石破氏は国務大臣を務めていたころ、委員会でライドシェアに関する質疑に応じたことはあったが、議員個人として特に言及した場面は残念ながら見当たらなかった。
政策集で交通関連に言及したものを見ていくと、「地域分散型・多様化社会の構築に必要な交通・物流ネットワーク整備」や「自動運転・ドローンによる免許返納後の高齢者の足の確保や高齢者へのお弁当などの配送サービス実現」――あたりしか見当たらない。
ライドシェアに言及しないということは、少なからず推進派ではない印象を受ける。石破氏に関しては防衛や地方創生などの分野で期待する声はある程度大きいが、ライドシェア関連施策においてはあまり期待できないかもしれない。
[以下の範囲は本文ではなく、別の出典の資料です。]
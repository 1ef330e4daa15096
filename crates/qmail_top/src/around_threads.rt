// What `work` does before its threads start, and after they have ended.
ghost use Rattle.std.specs.Prelude.{◌≡◌, ◌≢◌, ◌++◌, List, ℕ, true, false, take, IfOk, IfErr, OnOk, Err};
ghost use Rattle.std.specs.List.{list_any};
ghost use Rattle.call_fs.specs.Disk.{Disk};
ghost use Rattle.call_fs.specs.Plan.{Plan};
ghost use Rattle.mail_bytes.specs.Told.{Rose, Meets};
ghost use Rattle.mail_world.specs.Kept.{events_of};
ghost use Rattle.mail_world.specs.LivingMails.{AreLivingMails};
ghost use Rattle.script_lines.specs.declared.line.Line.TheVariants as LineOf;
ghost use Rattle.script_lines.specs.declared.keyword.Alone.TheVariants as AloneOf;
ghost use Rattle.scenario.specs.Deeds.{Deed};
ghost use Rattle.scenario.specs.Playing.{IsPlaying};
ghost use Rattle.scenario.specs.Working.{first_lines, is_mail_line, lacked_memory, HasBegun, HasPlayedSilently, HasSettled};

use crash_fs::CrashDisk;
use mail_bytes::{ByteText, Memory};
use mail_world::{ActorName, History, World, WorldError};
use outside::Sink;
use scenario::{
    PlayError, Script, first_disk, give, lacked_memory, put_events_after, settle, show,
};
use script_lines::Line;
use script_words::Letter;
use std::alloc::{AllocError, Global};

/// A world whose actors are to be stepped by threads, and the names of its mails, in the order of their starts.
#[derive(Drop)]
pub(crate) struct Begun {
    /// The world.
    pub world: World<CrashDisk>,
    /// The names of its mails.
    pub mails: Vec<ActorName>,
}

/// Starts the mails of a script over a new disk in memory that holds its entries, and then a generation, all at moment 0. A mail whose
/// name was used is passed over, and so are the other lines.
pub(crate) fn begin_work(alloc: Global, script: &Script) -> Result<Begun, Memory>
    ensures mails { IfOk result (λ begun. AreLivingMails begun.world.events begun.mails.items) }
    ensures begun { IfOk result (λ begun. HasBegun script.now.opening (first_lines script.now.lines) begun.world) }
{
    let mut world = World::new(alloc, first_disk(alloc, script.opening())?)?;
    let mut mails = Vec::new(alloc);
    for line in script.lines() {
        add_line(alloc, &mut world, &mut mails, line)?;
    }
    add_generation(alloc, &mut world, &mails)?;
    Ok(Begun { world, mails })
}

/// Starts the mail of a line, if it is one.
fn add_line(
    alloc: Global,
    world: &mut World<CrashDisk>,
    mails: &mut Vec<ActorName>,
    line: &Line,
) -> Result<(), Memory>
    requires { AreLivingMails world.old.events mails.old.items }
    ensures mails { OnOk result (AreLivingMails world.new.events mails.new.items) }
    ensures played { OnOk result (is_mail_line line.now ≡ true → (d : Disk) (plan : Plan) (h : List Deed) → IsPlaying d world.old plan h
        → HasPlayedSilently d world.new line.now plan h) }
    ensures other { OnOk result (is_mail_line line.now ≡ false → world.new ≡ world.old) }
{
    match line {
        Line::Mail {
            name,
            message,
            envelope,
        } => add_mail(alloc, world, mails, name, message, envelope),
        _ => Ok(()),
    }
}

/// Starts a mail, and puts its name at the end of those of the others. If its name was used, nothing happens.
fn add_mail(
    alloc: Global,
    world: &mut World<CrashDisk>,
    mails: &mut Vec<ActorName>,
    name: &ActorName,
    message: &ByteText,
    envelope: &ByteText,
) -> Result<(), Memory>
    requires { AreLivingMails world.old.events mails.old.items }
    ensures mails { OnOk result (AreLivingMails world.new.events mails.new.items) }
    ensures played { OnOk result ((d : Disk) (plan : Plan) (h : List Deed) → IsPlaying d world.old plan h
        → HasPlayedSilently d world.new (LineOf.Mail name.now message.now envelope.now) plan h) }
{
    mails.reserve(1)?;
    match world.start_mail(alloc, name, message.as_slice(), envelope.as_slice()) {
        Ok(()) => {
            mails.push(name.copy()).unwrap();
            Ok(())
        }
        Err(WorldError::Taken) => Ok(()),
        // out of memory, and no other
        Err(_) => Err(AllocError),
    }
}

/// Starts a generation.
fn add_generation(
    alloc: Global,
    world: &mut World<CrashDisk>,
    mails: &[ActorName],
) -> Result<(), Memory>
    requires { AreLivingMails world.old.events mails.now }
    ensures mails { OnOk result (AreLivingMails world.new.events mails.now) }
    ensures played { OnOk result ((d : Disk) (plan : Plan) (h : List Deed) → IsPlaying d world.old plan h
        → HasPlayedSilently d world.new (LineOf.Alone AloneOf.Sender) plan h) }
{
    match world.start_generation(alloc) {
        Ok(()) => Ok(()),
        // there is none before
        Err(_) => Err(AllocError),
    }
}

/// Plays `settle K` in a world whose threads have ended, and gives the sink what `work` prints: a line for each event of the whole
/// history, and what `show` prints. `Failed` only if the sink's count of failures rose; it has then taken a prefix of the text. `Memory`
/// also if the call of an event found no memory; then nothing was given.
pub(crate) fn end_work<O: Sink>(
    alloc: Global,
    world: &mut World<CrashDisk>,
    out: &mut O,
) -> Result<(), PlayError>
    ensures cause { IfErr result (λ why. why ≡ PlayError.Failed → Rose (O.faults out.old) (O.faults out.new)) }
    ensures unfailed { result ≢ Err PlayError.Failed → O.faults out.new ≡ O.faults out.old }
    ensures unwritten { result ≡ Err PlayError.Memory → out.new ≡ out.old }
    ensures ample { result ≢ Err PlayError.Memory → list_any lacked_memory world.old.events ≡ false }
    ensures printed { OnOk result (Meets (O.taken out.old) (O.taken out.new) (λ before after. (text : List ℕ) × (after ≡ before ++ text)
        × ((d : Disk) (plan : Plan) (h : List Deed) → IsPlaying d world.old plan h → HasSettled d h plan text))) }
    ensures begun { result ≡ Err PlayError.Failed → Meets (O.taken out.old) (O.taken out.new)
        (λ before after. (k : ℕ) × (text : List ℕ) × (after ≡ before ++ take k text)
        × ((d : Disk) (plan : Plan) (h : List Deed) → IsPlaying d world.old plan h → HasSettled d h plan text)) }
{
    let text = settled(alloc, world)?;
    give(out, &text)
}

/// Plays `settle K`, and gives what is printed.
fn settled(alloc: Global, world: &mut World<CrashDisk>) -> Result<Vec<u8>, Memory>
    ensures ample { OnOk result (list_any lacked_memory world.old.events ≡ false) }
    ensures settled { IfOk result (λ text. (d : Disk) (plan : Plan) (h : List Deed) → IsPlaying d world.old plan h
        → HasSettled d h plan text.items) }
{
    if any_lacked_memory(world.history()) {
        return Err(AllocError);
    }
    let mut dropped = Vec::new(alloc);
    settle(alloc, world, Letter::Success, &mut dropped)?;
    let mut text = Vec::new(alloc);
    put_events_after(alloc, &mut text, world.history().events(), 0)?;
    show(alloc, world, &mut text)?;
    Ok(text)
}

/// Whether an event of a history is a call that found no memory.
fn any_lacked_memory(history: &History) -> bool
    ensures { result ≡ list_any lacked_memory (events_of history.now) }
{
    history.events().iter().any(|event| lacked_memory(event))
}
こうした見方から、「全面解禁しなそう」ランキングで1位とさせていただいた。
■2位:小林鷹之氏(元経済安全保障担当大臣)
慎重寄りの中立スタンス?
千葉県第2区選出の衆議院議員で、当選4回。現在は閣僚に名を連ねていないが、これまで経済安全保障担当大臣や内閣府特命担当大臣(科学技術・宇宙)などを歴任してきた。
ライドシェアに関しては、ビジネスメディア「PIVOT」のインタビュー(2024年8月)で自身の見解を述べている。規制改革に前向きかどうか――という観点でライドシェアに対する考えを聞かれた小林氏は、「丁寧に議論していけばいい」という、中立的なスタンスをとった。
小林氏は「日本版ライドシェアは期待をするところではあるが、進め方について、不便だから何の検証もなく一気に入れてしまえというものはやり過ぎ。一つひとつ確かめながら進めていけばよい」としている。
「反対しているわけではないが、利用者のニーズもあるし、これまで日本が大切にしてきた安全という価値を心配している方も一定数いる。この両方をどうやって両立させていくか、先行している取り組みをきっちりと検証しながら、クリアできるのであれば進めれば良い」と話した。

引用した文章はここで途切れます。